**TASK GOAL:**
Count up the lines below in which the string "self" appears. The reply should be that number alone.

[Records from a dataset]
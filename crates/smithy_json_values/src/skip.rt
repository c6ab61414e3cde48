//! Where a value ends that is skipped.

ghost use Rattle.std.specs.Prelude.{◌≡◌, ◌<◌, ◌≤◌, ◌+◌, ◌-◌, ◌&&◌, ℕ, List, length, get_or, slice_range, true, false, IfSome, IfNone};
ghost use Rattle.smithy_json_grammar.specs.Ascii.{begin_array, begin_object};
ghost use Rattle.smithy_json_grammar.specs.Standing.{IsQuotedAt};
ghost use Rattle.smithy_json_values.specs.Codec.{held_grammar};
ghost use Rattle.smithy_json_values.specs.LexicalGrammar.{is_skipped_in, NodeLies};
ghost use Rattle.smithy_json_values.specs.Scalar.{a_string};
ghost use Rattle.smithy_json_values.specs.Spans.{Lies};
ghost use Rattle.smithy_json_values.specs.Tokens.{IsNameToken};
ghost use Rattle.smithy_json_values.specs.Private.NextInContainer.{IsFirstByte};
ghost use Rattle.smithy_json_values.specs.Private.SkippedEnd.{FindsEnd};
ghost use Rattle.smithy_json_values.specs.Private.Skipping.{skip_refusal, ScalarLies, NoValueLies, BeginsAs, GoesOnInside, IsNextStep};
ghost use Rattle.smithy_wire.specs.Node.{leaf};

use crate::input::Input;
use crate::number_runs::{NumberSort, number_of};
use crate::places::{InList, byte_end, first_byte, next_in_list, next_name_place, null_end};
use crate::values::{boolean_at, may_follow};
use smithy_json_grammar::quoted_text::{escapes_are_valid, is_plain_text, scan_quoted};
use smithy_json_grammar::scan::skip_blanks;
use smithy_json_grammar::string_text::scan_string;
use smithy_json_settings::Settings;
use smithy_schema::SerdeError;

// The greatest depth that settings may allow.
const MAX_ALLOWED_DEPTH: usize = 512;

/// Why nothing is skipped.
#[derive(Clone, Copy)]
pub enum SkipFault {
    /// No value lies there, however many containers may be open.
    NoValue,
    /// A container opens inside of as many as may be open.
    TooDeep,
}

impl SkipFault {
    /// The error of a reader that refuses for it.
    pub fn refusal(self) -> SerdeError
        ensures { result ≡ skip_refusal self }
    {
        match self {
            SkipFault::NoValue => SerdeError::InvalidInput,
            SkipFault::TooDeep => SerdeError::TooDeep,
        }
    }
}

// How a value begins: as an object or an array, with the offset of its inside, or as a scalar, with
// its end.
#[derive(Clone, Copy)]
enum Beginning {
    Container(bool, usize),
    Scalar(usize),
}

// Whether a string may be skipped, where the settings don't ask both for valid escapes and for plain text.
fn may_skip_text(bytes: &[u8], settings: &Settings) -> bool
    requires { (settings.now.validate_skipped_string_encoding && settings.now.validate_skipped_values) ≡ false }
    ensures { result ≡ (held_grammar settings.now).is_skipped_text bytes.now }
{
    if settings.validate_skipped_string_encoding {
        return is_plain_text(bytes);
    }
    if settings.validate_skipped_values {
        return escapes_are_valid(bytes);
    }
    true
}

// The closing quotation mark of the string at the offset, as it is skipped.
#[inline(always)]
fn skipped_closing(input: &[u8], start: usize, settings: &Settings) -> Option<usize>
    requires { start ≤ length input.now }
    ensures found { IfSome result (λ closing. IsQuotedAt input.now start closing) }
    ensures valid { IfSome result (λ closing. (held_grammar settings.now).is_skipped_text (slice_range input.now (start + 1) closing) ≡ true) }
    ensures none { IfNone result ((closing : ℕ) → IsQuotedAt input.now start closing → (held_grammar settings.now).is_skipped_text (slice_range input.now (start + 1) closing) ≡ true → ⊥) }
{
    if settings.validate_skipped_string_encoding && settings.validate_skipped_values {
        let string = scan_string(input, start)?;
        return Some(string.closing);
    }
    let quoted = scan_quoted(input, start)?;
    if !may_skip_text(quoted.bytes, settings) {
        return None;
    }
    Some(quoted.closing)
}

// The end of the string that comes first behind blanks, as it is skipped.
#[inline(always)]
fn skipped_string_end(input: &[u8], at: usize, settings: &Settings) -> Option<usize>
    requires { at ≤ length input.now }
    ensures found { IfSome result (λ e. (raw : List ℕ) × NodeLies (held_grammar settings.now) (is_skipped_in (held_grammar settings.now)) 1 (leaf (a_string raw)) input.now at e) }
    ensures none { IfNone result ((raw : List ℕ) (e : ℕ) → NodeLies (held_grammar settings.now) (is_skipped_in (held_grammar settings.now)) 1 (leaf (a_string raw)) input.now at e → ⊥) }
{
    let closing = skipped_closing(input, skip_blanks(input, at), settings)?;
    may_follow(input, closing + 1, settings).then_some(closing + 1)
}

// The offset behind the name that comes first behind blanks, and behind its colon, as it is skipped.
#[inline(always)]
fn skipped_name_end(input: &[u8], at: usize, settings: &Settings) -> Option<usize>
    requires { at ≤ length input.now }
    ensures found { IfSome result (λ e. (raw : List ℕ) × Lies (IsNameToken raw) input.now at e × ((held_grammar settings.now).is_skipped_text raw ≡ true)) }
    ensures none { IfNone result ((raw : List ℕ) (e : ℕ) → Lies (IsNameToken raw) input.now at e → (held_grammar settings.now).is_skipped_text raw ≡ true → ⊥) }
{
    let closing = skipped_closing(input, skip_blanks(input, at), settings)?;
    byte_end(input, closing + 1, b':')
}

// The end of the scalar at the offset, which begins with this byte.
#[inline(always)]
fn scalar_end(input: &[u8], at: usize, first: u8, settings: &Settings) -> Option<usize>
    requires first { IsFirstByte input.now at first at }
    requires no_array { first ≡ begin_array → ⊥ }
    requires no_object { first ≡ begin_object → ⊥ }
    ensures found { IfSome result (λ e. ScalarLies (held_grammar settings.now) (is_skipped_in (held_grammar settings.now)) input.now at e) }
    ensures none { IfNone result (NoValueLies (held_grammar settings.now) (is_skipped_in (held_grammar settings.now)) input.now at) }
{
    if first == b'"' {
        return skipped_string_end(input, at, settings);
    }
    if first == b'n' {
        return null_end(input, at, settings);
    }
    if first == b't' || first == b'f' {
        let (_, end) = boolean_at(input, at, settings)?;
        return Some(end);
    }
    let (_, end) = number_of(NumberSort::OfGrammar, input, at, settings)?;
    Some(end)
}

#[inline(always)]
fn beginning_of(input: &[u8], at: usize, settings: &Settings) -> Option<Beginning>
    requires { at ≤ length input.now }
    ensures { BeginsAs (held_grammar settings.now) input.now at result }
{
    let (first, start) = first_byte(input, at)?;
    if first == b'[' {
        return Some(Beginning::Container(false, start + 1));
    }
    if first == b'{' {
        return Some(Beginning::Container(true, start + 1));
    }
    let end = scalar_end(input, start, first, settings)?;
    Some(Beginning::Scalar(end))
}

// What comes next in the object or the array inside of which the offset lies: a value, behind its name in an object, or the end.
#[inline(always)]
fn next_inside(
    input: &[u8],
    at: usize,
    is_object: bool,
    entered: bool,
    depth: usize,
    settings: &Settings,
) -> Option<InList>
    requires { at ≤ length input.now }
    ensures { GoesOnInside (held_grammar settings.now) input.now at is_object entered depth result }
{
    if !is_object {
        return next_in_list(input, at, entered, depth, settings);
    }
    match next_name_place(input, at, entered, depth, settings)? {
        InList::Element(place) => {
            let start = skipped_name_end(input, place, settings)?;
            Some(InList::Element(start))
        }
        InList::End(end) => Some(InList::End(end)),
    }
}

// One step on the way through a container: past a scalar, into an object or an array, to a value
// that is due, or out of the innermost container.
enum Step {
    PastScalar(usize),
    IntoContainer(bool, usize),
    ToValue(usize),
    OutOfContainer(usize),
}

// The next step, where a value is due or else the innermost container goes on.
#[inline(always)]
fn next_step(
    input: &Input<'_>,
    at: usize,
    due: bool,
    entered: bool,
    is_object: &[bool],
    count: usize,
    depth: usize,
) -> Option<Step>
    requires within { at ≤ length input.now.bytes.now }
    requires inside { due ≡ false → 0 < count }
    requires room { count ≤ length is_object.now }
    ensures { IsNextStep (held_grammar input.now.settings) input.now.bytes.now at due (get_or is_object.now (count - 1) false) entered depth result }
{
    let bytes = input.bytes;
    let settings = &input.settings;
    if due {
        return match beginning_of(bytes, at, settings)? {
            Beginning::Scalar(end) => Some(Step::PastScalar(end)),
            Beginning::Container(kind, inside) => Some(Step::IntoContainer(kind, inside)),
        };
    }
    match next_inside(bytes, at, is_object[count - 1], entered, depth, settings)? {
        InList::Element(start) => Some(Step::ToValue(start)),
        InList::End(end) => Some(Step::OutOfContainer(end)),
    }
}

/// The end of the value that lies at the offset inside so many containers, of whatever kind. No
/// more containers may be open at once than the settings say.
pub fn skipped_end(input: Input<'_>, at: usize, depth: usize) -> Result<usize, SkipFault>
    requires within { at ≤ length input.bytes.now }
    requires shallow { depth ≤ input.settings.max_depth }
    ensures { FindsEnd (held_grammar input.entry.settings) input.entry.settings.max_depth depth input.entry.bytes.now at result }
{
    match beginning_of(input.bytes, at, &input.settings) {
        Some(Beginning::Scalar(end)) => Ok(end),
        Some(Beginning::Container(_, _)) => container_end(input, at, depth),
        None => Err(SkipFault::NoValue),
    }
}

fn container_end(input: Input<'_>, at: usize, depth: usize) -> Result<usize, SkipFault>
    requires within { at ≤ length input.bytes.now }
    requires shallow { depth ≤ input.settings.max_depth }
    ensures { FindsEnd (held_grammar input.entry.settings) input.entry.settings.max_depth depth input.entry.bytes.now at result }
{
    let mut at = at;
    let mut due = true;
    let mut entered = false;
    let mut open: usize = 0;
    let mut is_object = [false; MAX_ALLOWED_DEPTH];
    while due || 0 < open {
        let Some(step) = next_step(&input, at, due, entered, &is_object, open, depth + open) else {
            return Err(SkipFault::NoValue);
        };
        match step {
            Step::PastScalar(end) => {
                at = end;
                due = false;
                entered = true;
            }
            Step::IntoContainer(kind, inside) => {
                if depth + open >= input.settings.max_depth {
                    return Err(SkipFault::TooDeep);
                }
                is_object[open] = kind;
                open += 1;
                at = inside;
                due = false;
                entered = false;
            }
            Step::ToValue(start) => {
                at = start;
                due = true;
            }
            Step::OutOfContainer(end) => {
                at = end;
                open -= 1;
                entered = true;
            }
        }
    }
    Ok(at)
}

**SOLUTION BELOW:**
3